■ **YOUR INSTRUCTIONS**
Report only the number of lines in this material that include the string "Option".
━━ GIVEN ENTRIES
//! The tests of a layout table's rows.

ghost use Rattle.std.specs.Prelude.{◌≡◌, ◌≤◌, ◌<◌, ◌+◌, ◌^◌, ◌&&◌, IfOk, length, take, drop, ℕ, false};
ghost use Rattle.std.specs.List.{list_all, list_any};
ghost use Rattle.t7_records.specs.Records.{record_at};
ghost use Rattle.std.specs.Str.{bytes_eq};
ghost use Rattle.t7_layout.specs.Roles.{family_of, field_text, required};
ghost use Rattle.t7_layout.specs.Pairs.{HoldsRows};
ghost use Rattle.t7_layout.specs.Rows.{begins, earlier_in, is_field, is_of, same_cell, so_far};
ghost use Rattle.t7_layout.specs.Faults.{begin_with, fault_at, fault_of, has_roles, least_fault, row_fault, fails_cell, fails_columns, fails_duplicate_id, fails_duplicate_name, fails_family, fails_header, fails_hole, fails_kind, fails_length, fails_null, fails_overlap, fails_role_field, fails_width, has_extreme_null, has_fields, is_length_or_id, is_required, is_width};

use crate::pairs::Passed;
use crate::roles::{FieldName, Role};
use crate::rows::*;
use crate::words::{Family, Kind, TableFault, TableWhy};
use std::alloc::{AllocError, Global};
use t7_records::{Records, is_decimal};

pub(crate) fn fails_columns(rows: &Records, at: usize) -> bool
    requires { at < length rows.now }
    ensures { result ≡ fails_columns (record_at rows.now at) }
{
    rows.width(at) != 8
}

pub(crate) fn fails_family(rows: &Records, at: usize) -> bool
    requires { at < length rows.now }
    ensures { result ≡ fails_family (record_at rows.now at) }
{
    !(in_family(rows, at, Family::Eti) || in_family(rows, at, Family::Eobi))
}

pub(crate) fn fails_cell(rows: &Records, at: usize) -> bool
    requires { at < length rows.now }
    ensures { result ≡ fails_cell (record_at rows.now at) }
{
    !(is_name(rows.cell(at, 2))
        && is_name(rows.cell(at, 3))
        && is_decimal(rows.cell(at, 1), 65535)
        && 0 < row_id(rows, at)
        && is_decimal(rows.cell(at, 4), 1023)
        && is_decimal(rows.cell(at, 5), 1024)
        && 0 < row_width(rows, at))
}

pub(crate) fn fails_kind(rows: &Records, at: usize) -> bool
    requires { at < length rows.now }
    ensures { result ≡ fails_kind (record_at rows.now at) }
{
    !(has_kind(rows, at, Kind::Unsigned)
        || has_kind(rows, at, Kind::Signed)
        || has_kind(rows, at, Kind::Raw))
}

fn is_width(width: u64) -> bool
    ensures { result ≡ is_width width }
{
    width == 1 || width == 2 || width == 4 || width == 8
}

pub(crate) fn fails_width(rows: &Records, at: usize) -> bool
    requires { at < length rows.now }
    ensures { result ≡ fails_width (record_at rows.now at) }
{
    (has_kind(rows, at, Kind::Unsigned) || has_kind(rows, at, Kind::Signed))
        && !is_width(row_width(rows, at))
}

fn has_extreme_null(rows: &Records, at: usize) -> bool
    requires { at < length rows.now }
    ensures { result ≡ has_extreme_null (record_at rows.now at) }
{
    let most = greatest(row_width(rows, at));
    if has_kind(rows, at, Kind::Unsigned) {
        row_null(rows, at) == Some(most as i128)
    } else {
        row_null(rows, at) == Some(-((most / 2 + 1) as i128))
    }
}

fn names_field(role: Role, word: &[u8]) -> bool
    ensures { result ≡ list_any (λ name. bytes_eq word.now (field_text name)) (required role) }
{
    role.required().iter().any(|name| word == name.text())
}

fn is_required(rows: &Records, at: usize) -> bool
    requires { at < length rows.now }
    ensures { result ≡ is_required (record_at rows.now at) }
{
    match role_of(rows, at) {
        None => false,
        Some(role) => names_field(role, rows.cell(at, 3)),
    }
}

fn is_length_or_id(rows: &Records, at: usize) -> bool
    requires { at < length rows.now }
    ensures { result ≡ is_length_or_id (record_at rows.now at) }
{
    rows.cell(at, 3) == FieldName::BodyLen.text()
        || rows.cell(at, 3) == FieldName::TemplateID.text()
}

pub(crate) fn fails_null(rows: &Records, at: usize) -> bool
    requires { at < length rows.now }
    ensures { result ≡ fails_null (record_at rows.now at) }
{
    !rows.cell(at, 7).is_empty()
        && (row_null(rows, at).is_none()
            || is_length_or_id(rows, at)
            || (is_required(rows, at) && !has_extreme_null(rows, at)))
}

// Whether the field's name stands earlier in its template.
fn repeats_field(rows: &Records, at: usize) -> bool
    requires first { 0 < at }
    requires inside { at < length rows.now }
    ensures { result ≡ list_any (λ earlier. same_cell 3 earlier (record_at rows.now at)) (earlier_in rows.now at) }
{
    let mut place = at;
    while !begins(rows, place) {
        place -= 1;
        if same_cell(rows, place, at, 3) {
            return true;
        }
    }
    false
}

// Whether the rows of the template, up to this one, have a field.
fn has_field(rows: &Records, at: usize, family: Family, name: FieldName) -> bool
    requires first { 0 < at }
    requires inside { at < length rows.now }
    ensures { result ≡ list_any (is_field family name) (so_far rows.now at) }
{
    let mut place = at;
    while !is_field(rows, place, family, name) {
        if begins(rows, place) {
            return false;
        }
        place -= 1;
    }
    true
}

pub(crate) fn fails_duplicate_id<'a>(rows: &'a Records, passed: &Passed<'a>, at: usize) -> bool
    requires first { 0 < at }
    requires inside { at < length rows.now }
    requires passed { HoldsRows (take at rows.now) passed.now }
    ensures { result ≡ fails_duplicate_id rows.now at }
{
    begins(rows, at) && passed.has_id(rows, at)
}

pub(crate) fn fails_duplicate_name<'a>(rows: &'a Records, passed: &Passed<'a>, at: usize) -> bool
    requires first { 0 < at }
    requires inside { at < length rows.now }
    requires passed { HoldsRows (take at rows.now) passed.now }
    ensures { result ≡ fails_duplicate_name rows.now at }
{
    (begins(rows, at) && passed.has_name(rows, at)) || repeats_field(rows, at)
}

pub(crate) fn fails_overlap(rows: &Records, at: usize) -> bool
    requires first { 0 < at }
    requires inside { at < length rows.now }
    ensures { result ≡ fails_overlap rows.now at }
{
    row_offset(rows, at) < end_before(rows, at)
}

pub(crate) fn fails_hole(rows: &Records, at: usize) -> bool
    requires first { 0 < at }
    requires inside { at < length rows.now }
    ensures { result ≡ fails_hole rows.now at }
{
    end_before(rows, at) < row_offset(rows, at)
}

pub(crate) fn fails_length(rows: &Records, at: usize) -> bool
    requires { at < length rows.now }
    ensures { result ≡ fails_length rows.now at }
{
    let end = row_end(rows, at);
    ends(rows, at)
        && (end % 8 != 0
            || end > 1024
            || (in_family(rows, at, Family::Eobi) && role_of(rows, at).is_some() && end > 128))
}

#[tactic(auto, unfolding(crate::specs::Faults::has_fields))]
fn has_fields(rows: &Records, at: usize, role: Role) -> bool
    requires first { 0 < at }
    requires inside { at < length rows.now }
    ensures { result ≡ has_fields role (so_far rows.now at) }
{
    let family = role.family();
    role.required()
        .iter()
        .all(|name| has_field(rows, at, family, *name))
}

pub(crate) fn fails_role_field(rows: &Records, at: usize) -> bool
    requires first { 0 < at }
    requires inside { at < length rows.now }
    ensures { result ≡ fails_role_field rows.now at }
{
    ends(rows, at)
        && match role_of(rows, at) {
            None => false,
            Some(role) => !has_fields(rows, at, role),
        }
}

// The first row of the template.
pub(crate) fn start_of(rows: &Records, at: usize) -> usize
    requires first { 0 < at }
    requires inside { at < length rows.now }
    ensures first { 0 < result }
    ensures before { result ≤ at }
    ensures rows { so_far rows.now at ≡ drop result (take (at + 1) rows.now) }
    ensures inner { (j : ℕ) → result < j → j ≤ at → begins rows.now j ≡ false }
{
    let mut place = at;
    while !begins(rows, place) {
        place -= 1;
    }
    place
}

// Whether the rows from one place to another begin with these fields.
fn begin_with(rows: &Records, start: usize, at: usize, family: Family, names: &[FieldName]) -> bool
    requires before { start ≤ at }
    requires inside { at < length rows.now }
    ensures { result ≡ begin_with family names.now (drop start (take (at + 1) rows.now)) }
{
    for (i, name) in names.iter().enumerate() {
        if at - start < i {
            return false;
        }
        if !is_field(rows, start + i, family, *name) {
            return false;
        }
    }
    true
}

const ETI_HEADER: [FieldName; 2] = [FieldName::BodyLen, FieldName::TemplateID];

const EOBI_HEADER: [FieldName; 3] = [
    FieldName::BodyLen,
    FieldName::TemplateID,
    FieldName::MsgSeqNum,
];

pub(crate) fn fails_header(rows: &Records, at: usize) -> bool
    requires first { 0 < at }
    requires inside { at < length rows.now }
    ensures { result ≡ fails_header rows.now at }
{
    if !ends(rows, at) {
        return false;
    }
    let start = start_of(rows, at);
    if in_family(rows, at, Family::Eti) {
        !begin_with(rows, start, at, Family::Eti, &ETI_HEADER)
    } else {
        !begin_with(rows, start, at, Family::Eobi, &EOBI_HEADER)
    }
}

// The first test that a row behind the heading fails.
fn row_fault<'a>(rows: &'a Records, passed: &Passed<'a>, at: usize) -> Option<TableWhy>
    requires first { 0 < at }
    requires inside { at < length rows.now }
    requires passed { HoldsRows (take at rows.now) passed.now }
    ensures { result ≡ row_fault rows.now at }
{
    if fails_columns(rows, at) {
        return Some(TableWhy::Columns);
    }
    if fails_family(rows, at) {
        return Some(TableWhy::Family);
    }
    if fails_cell(rows, at) {
        return Some(TableWhy::Cell);
    }
    if fails_kind(rows, at) {
        return Some(TableWhy::Kind);
    }
    if fails_width(rows, at) {
        return Some(TableWhy::Width);
    }
    if fails_null(rows, at) {
        return Some(TableWhy::Null);
    }
    if fails_duplicate_id(rows, passed, at) {
        return Some(TableWhy::DuplicateId);
    }
    if fails_duplicate_name(rows, passed, at) {
        return Some(TableWhy::DuplicateName);
    }
    if fails_overlap(rows, at) {
        return Some(TableWhy::Overlap);
    }
    if fails_hole(rows, at) {
        return Some(TableWhy::Hole);
    }
    if fails_length(rows, at) {
        return Some(TableWhy::Length);
    }
    if fails_header(rows, at) {
        return Some(TableWhy::Header);
    }
    if fails_role_field(rows, at) {
        return Some(TableWhy::RoleField);
    }
    None
}

// The first test that a row fails.
fn fault_at<'a>(rows: &'a Records, passed: &Passed<'a>, at: usize) -> Option<TableWhy>
    requires inside { at < length rows.now }
    requires passed { HoldsRows (take at rows.now) passed.now }
    ensures { result ≡ fault_at rows.now at }
{
    if at == 0 {
        if is_heading(rows, 0) {
            None
        } else {
            Some(TableWhy::Columns)
        }
    } else {
        row_fault(rows, passed, at)
    }
}

// Whether some row is of a role.
fn has_role(rows: &Records, role: Role) -> bool
    ensures { result ≡ list_any (λ row. is_of row role) rows.now }
{
    for at in 0..rows.len() {
        if is_of(rows, at, role) {
            return true;
        }
    }
    false
}

#[tactic(auto, unfolding(crate::specs::Faults::has_roles, crate::specs::Roles::all_roles))]
fn has_roles(rows: &Records) -> bool
    ensures { result ≡ has_roles rows.now }
{
    Role::ALL.iter().all(|role| has_role(rows, *role))
}

// The fault of the least row that has one.
fn least_fault(alloc: Global, rows: &Records) -> Result<Option<TableFault>, AllocError>
    requires { length rows.now + 1 < 2 ^ 32 }
    ensures { IfOk result (λ fault. fault ≡ least_fault (fault_at rows.now) 0 (length rows.now)) }
{
    let mut passed = Passed::new(alloc);
    for at in 0..rows.len() {
        match fault_at(rows, &passed, at) {
            Some(why) => {
                return Ok(Some(TableFault {
                    row: at as u32 + 1,
                    why,
                }));
            }
            None => {}
        }
        passed.pass(rows, at)?;
    }
    Ok(None)
}

/// What is wrong with the records of a table.
pub(crate) fn fault_of(alloc: Global, rows: &Records) -> Result<Option<TableFault>, AllocError>
    requires { length rows.now + 1 < 2 ^ 32 }
    ensures { IfOk result (λ fault. fault ≡ fault_of rows.now) }
{
    if rows.len() == 0 {
        return Ok(Some(TableFault {
            row: 1,
            why: TableWhy::Columns,
        }));
    }
    if let Some(fault) = least_fault(alloc, rows)? {
        return Ok(Some(fault));
    }
    if has_roles(rows) {
        return Ok(None);
    }
    Ok(Some(TableFault {
        row: rows.len() as u32 + 1,
        why: TableWhy::RoleMissing,
    }))
}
━━━━
■ **RESPONSE TO THIS TASK**
4